I am trying grasp the concept of Data Factory to understand how schedule activity works, but does not really understand much.
Assume I have workflow as below:
I have an agent (built as Windows Service) running on client's machine which is scheduled to extract data from SAP source daily at 1 AM, and then put it on Azure blob storage. Agent just tries to extract only yesterday's data. Example: Agent running at 1 AM today (9 April) only extract whole data on 8 April. This agent is not related to Data Factory.
Assume it takes around 30 minutes for agent to get daily data (8 April) and put it in blob storage, it may be more or less depending on how big data is.

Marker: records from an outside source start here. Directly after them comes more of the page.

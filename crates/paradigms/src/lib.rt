//! Paradigm tables and stems, read from CSV, and the inflection of stems by tables (own format, after Huet's lexicons of
//! inflected forms).
//!
//! Proved of `read_tables` and `read_stems`: the answer is the one that `tables_of` and `stems_of` of
//! `paradigm_file_definitions` give the bytes, the content (`ok`) or the first fault (`fault`), unless memory is wanting; each
//! stem that is read has a form for each row of its class (`inflectable`), which is what `inflect` and `inflect_all` ask for.
//! Proved of `inflect`: one entry for each row, in order, by the definition of inflection (`ok`). Proved of `inflect_all`, which
//! spreads the stems over several threads: the entries of all stems, in order (`ok`). `rows` and `list` give what was read, and
//! `tables_are_shared` shows that threads may hand over and share it. That files are read and stems inflected where memory
//! suffices is tested.
#![tactic(auto)]

mod errors;
mod fields;
mod inflection;
mod reading;
mod record_error;
mod records;
mod row;
mod row_fields;
mod sharing;
mod stem;
mod stem_fields;
mod stems;
mod tables;
mod words;

pub use errors::{StemError, StemFault, StemWhy, TableError, TableFault, TableWhy};
pub use form_tags::Entry;
pub use inflection::{inflect, inflect_all};
pub use reading::{read_stems, read_tables};
pub use row::Row;
pub use sharing::tables_are_shared;
pub use stem::Stem;
pub use stems::Stems;
pub use tables::Tables;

I have a Factory Pipepine (active forever from 2016-04-08T01:30:00Z) which uses blob storage as input dataset and 1 schedule activity to copy data from blob storage to database.
Input dataset has availability option as daily frequency:
"availability": {
"frequency": "Day",
"interval": 1
}
Schedule activity is scheduled as daily frequency:
"scheduler": {
"frequency": "Day",
"interval": 1
}
So, based on the workflow, my questions are:
After 1:30 AM, the agent finish data extraction from SAP and put it into blog storage as input dataset. How the data factory knows the data slice for 8 April is ready for data factory.
What if the data is not ready after 1:30, the activity is still running at this time?